Upon graduation, Chang’s parents advised him against returning to Jamaica, given what they saw as troubling political changes on the island. When Michael Manley was elected to the office of Jamaica’s Prime Minister in 1972, he began to transform the country along democratic socialist lines (Stephens and Stephens 1986). His campaign slogan “Black man time now” rhetorically situated Manley in support of reclaiming African heritage as earlier initiated by Ras Tafari and Black power movements.6 These developments struck fear in the hearts of middle and upper-class Jamaicans, who began to leave the island in droves. Largely situated in the middle to upper regions of Jamaica’s class strata, the Chinese followed this trend of migration, with many moving to the United States and Canada. While the Chinese population in Jamaica numbered 11,710 in 1970, this figure fell to 5,320 in 1982 (Statistical Institute of Jamaica 1983, 1971). Chang heeded his parent’s advice and after sending out multiple job applications, finally landed employment as a designer in Phoenix, Arizona.
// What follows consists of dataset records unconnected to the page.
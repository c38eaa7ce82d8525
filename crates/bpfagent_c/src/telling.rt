//! Commands, whose replies are numbers.
ghost use Rattle.std.specs.Prelude.{◌≡◌};
ghost use Rattle.bpfagent_c.specs.Commanded.{Commanded, RepliesNumber};

use crate::codes::code_of;
use crate::handle::{Agent, give, take};
use std::alloc::Global;
use world::{DebugCommand, Event, MachineCommand, Move, ObjectCommand, Reply, ShowCommand};

/// Does one command, if there is an agent.
pub(crate) fn command(agent: &mut Agent, alloc: Global, event: Event) -> Option<Reply>
    ensures { Commanded agent.old event result agent.new }
{
    let mut world = take(agent, alloc)?;
    let reply = world.apply(event);
    give(agent, alloc, world);
    Some(reply)
}

/// Does one command, and gives the number of its reply.
fn tell(agent: &mut Agent, alloc: Global, event: Event) -> u32
    ensures { RepliesNumber agent.old event result agent.new }
{
    let given = command(agent, alloc, event);
    code_of(&given)
}

/// Does a command on an object.
pub(crate) fn tell_object(
    agent: &mut Agent,
    alloc: Global,
    object: u32,
    command: ObjectCommand,
) -> u32
    ensures { RepliesNumber agent.old (Event.Object object command) result agent.new }
{
    tell(agent, alloc, Event::Object { object, command })
}

/// Does a move of an object, or ends it.
pub(crate) fn tell_move(agent: &mut Agent, alloc: Global, object: u32, kind: Move) -> u32
    ensures { RepliesNumber agent.old (Event.Object object (ObjectCommand.Move kind)) result agent.new }
{
    tell_object(agent, alloc, object, ObjectCommand::Move(kind))
}

/// Does a command of the debugger.
pub(crate) fn tell_debug(
    agent: &mut Agent,
    alloc: Global,
    machine: usize,
    command: DebugCommand,
) -> u32
    ensures { RepliesNumber agent.old (Event.Machine machine (MachineCommand.Debug command)) result agent.new }
{
    let command = MachineCommand::Debug(command);
    tell(agent, alloc, Event::Machine { machine, command })
}

/// Shows something of a machine.
pub(crate) fn show(
    agent: &mut Agent,
    alloc: Global,
    machine: usize,
    shown: ShowCommand,
) -> Option<Reply>
    ensures { Commanded agent.old (Event.Machine machine (MachineCommand.Show shown)) result agent.new }
{
    let event = Event::Machine {
        machine,
        command: MachineCommand::Show(shown),
    };
    command(agent, alloc, event)
}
With the expiration of his work visa, Chang was compelled to return to Jamaica in 1973 and found employment as an architectural designer in the island’s capital city, Kingston. While homophobic violence was very much present on the island at this time, Jamaica was also home to a vibrant though underground gay scene in which Chang quickly took part. By coordinating a community meeting to address the frequent fights among patrons of the gay club The Closet that threatened the establishment’s continued existence, Chang started what was to become the Gay Freedom Movement (GFM) in 1977. Very quickly, GFM grew to be a community initiative seeking to provide structures of support and community building for gay men and women on the island while also tackling the homophobic conditions of Jamaican society. Though GFM undertook a wide range of activities, such as a sexual health clinic, a speaker’s bureau, a youth programme, a prisoner support initiative, and the publication of a newsletter Jamaica Gaily News, this “organization” was essentially a do-it-yourself, grassroots initiative comprised of a floating network of a dozen or so committed individuals.7
Chang came to be known as the “face” of GFM both on the island and overseas. Yet he was uncomfortable with his visibility and thought that it was important “to have someone else be the public face of GFM who looked like the majority of Jamaicans … I thought that the public face of GFM needed to be a Black face in order for GFM to have any kind of traction or credibility” (Caribbean International Resource Network 2012). Yet Chang appeared to be the only one who voiced this opinion, as others did not consider his ethno-racial identification to be contentious. Contrary to Patsy Yuen’s reception as Miss Jamaica 1973, Chang did not encounter opposition to representing Jamaican gay activism. Given the dominant racialization of Jamaica as Black, Yuen found herself zealously denying her Chinese ancestry in her claim to Jamaican-ness (Barnes 1994). In contrast to the high-stakes nature of a national beauty pageant, same-gender desire was unable to generate enough widespread interest for Chang’s ethno-racial background to become a concern. In this period of high nationalism that rhetorically emphasized Blackness and the presumption of heterosexual relations, Jamaicans who occupied different racialized and erotic subject positions found it difficult to understand themselves on their own terms.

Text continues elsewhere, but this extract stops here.